No coração do Julho das Pretas, mais de 300 mulheres negras do Rio Grande do Sul receberão um dos mais significativos reconhecimentos públicos de suas trajetórias. A Medalha Preta Roza, iniciativa da deputada Laura Sito, transcende a mera condecoração para se tornar um gesto político de reescrita da história. Batizada em homenagem à guerreira quilombola que atuou no século XIX – disfarçando-se de homem para infiltrar-se em espaços de poder –, a honraria conecta o passado de resistência com o presente de lutas em áreas como política, saúde e cultura.
A cerimônia principal em Porto Alegre no dia 23 de julho, seguida por ato em Pelotas, transforma o Auditório do Ministério Público em palco para uma reparação simbólica que abrange mais de 50 cidades gaúchas. O critério de seleção das homenageadas revela a potência da iniciativa: foram priorizadas mulheres que, como a própria Preta Roza, atuam nos bastidores da transformação social – professoras, agentes comunitárias, pesquisadoras e lideranças locais cujos nomes raramente ocupam manchetes.
Laura Sito articula com a medalha um duplo movimento: ao mesmo tempo que resgata figuras históricas silenciadas, como a quilombola que nomeia a honraria, joga luz sobre contemporâneas que reinventam diariamente a resistência. “Dar visibilidade a essas trajetórias é mostrar que o RS tem outras referências de heroísmo além das oficiais”, afirma a deputada, em clara alusão ao imaginário tradicional gaúcho, historicamente branco e masculino.
O timing do evento não é casual. Ao vincular a entrega ao 25 de julho – Dia da Mulher Negra Latino-Americana –, a iniciativa insere o Rio Grande do Sul num debate continental sobre memória e representação. Os números impressionam: 300 medalhas equivalem a quase uma para cada dia do ano, propositalmente excedendo a lógica tradicional de premiações individuais para criar um reconhecimento coletivo.
Analistas percebem na iniciativa um modelo inovador de política simbólica. Mais do que distribuir medalhas, o projeto mapeia e conecta uma rede subterrânea de ativismo negro feminino no estado, oferecendo pela primeira vez um panorama dessa atuação dispersa. Como observa Sito, citando Angela Davis, a homenagem explicita como o movimento dessas mulheres já move estruturas – faltava apenas que a sociedade oficial as visse.

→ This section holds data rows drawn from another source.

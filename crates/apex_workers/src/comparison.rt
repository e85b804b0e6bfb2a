//! Compares what the workers left with what was handed out to them.
ghost use Rattle.std.specs.Prelude.{◌≡◌, ◌↔◌, ◌+◌, ◌^◌, ◌<◌, length, replicate, IsTrue};
ghost use Rattle.std.specs.Bool.{OnTrue, OnFalse};
ghost use Rattle.apex_threads.specs.Collected.{IsNext, AreCounted, IsCollected, IsCollectedFor};

use apex_board::{Board, Entry};
use apex_module::Config;
use apex_threads::{PackedReplies, PackedScript, are_complete};
use std::alloc::Allocator;

/// Whether the board has the configuration, and its log has the calls of each partition's script with the replies to
/// them.
pub(crate) fn is_collected_for<A: Allocator>(
    config: &Config,
    scripts: &[PackedScript<A>],
    board: &Board<A>,
    replies: &[PackedReplies<A>],
    counts: &mut [usize],
) -> bool
    requires none { counts.old ≡ replicate (length scripts.now) 0 }
    requires each { length replies.now ≡ length scripts.now }
    ensures { IsTrue result ↔
        IsCollectedFor config.now scripts.now board.now.config board.now.log replies.now }
{
    board.config().eq(config) && is_collected(board.log(), scripts, replies, counts)
}

/// Whether the log has the calls of each partition's script with the replies to them, each once and in order.
///
/// It goes over the log once, and counts each partition's calls in `counts`, which are 0 before.
pub fn is_collected<A: Allocator>(
    log: &[Entry],
    scripts: &[PackedScript<A>],
    replies: &[PackedReplies<A>],
    counts: &mut [usize],
) -> bool
    requires none { counts.old ≡ replicate (length scripts.now) 0 }
    requires each { length replies.now ≡ length scripts.now }
    ensures { IsTrue result ↔ IsCollected log.now scripts.now replies.now }
{
    count_entries(log, scripts, replies, counts) && are_complete(scripts, replies, counts)
}

/// Counts the entries of each partition, as long as each has the next call of the script and the reply to it.
fn count_entries<A: Allocator>(
    log: &[Entry],
    scripts: &[PackedScript<A>],
    replies: &[PackedReplies<A>],
    counts: &mut [usize],
) -> bool
    requires none { counts.old ≡ replicate (length scripts.now) 0 }
    requires each { length replies.now ≡ length scripts.now }
    ensures counted { OnTrue result (AreCounted log.now scripts.now replies.now counts.new) }
    ensures refused { OnFalse result (¬ IsCollected log.now scripts.now replies.now) }
{
    for entry in log {
        let p = entry.partition;
        if p >= counts.len() {
            return false;
        }
        let done = counts[p];
        if !is_next(entry, &scripts[p], &replies[p], done) {
            return false;
        }
        counts[p] = done + 1;
    }
    true
}

/// Whether the call at an index of the script, with the reply at the same index, is the entry's.
fn is_next<A: Allocator>(
    entry: &Entry,
    script: &PackedScript<A>,
    replies: &PackedReplies<A>,
    index: usize,
) -> bool
    ensures next { IsTrue result ↔ IsNext entry.now script.now replies.now index }
    ensures within { OnTrue result (index + 1 < 2 ^ 64) }
{
    script.is_at(index, entry.at, &entry.call) && replies.is_at(index, &entry.reply)
}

Ao eleger Preta Roza como símbolo, a medalha opera ainda um revisionismo histórico necessário: prova que o sul do país, frequentemente associado apenas ao legado europeu, foi também palco de heroísmos negros e femininos. Neste Julho das Pretas, as 300 condecoradas herdam o manto da guerreira quilombola – e confirmam que sua estratégia de resistência, quatro séculos depois, segue mais viva do que nunca.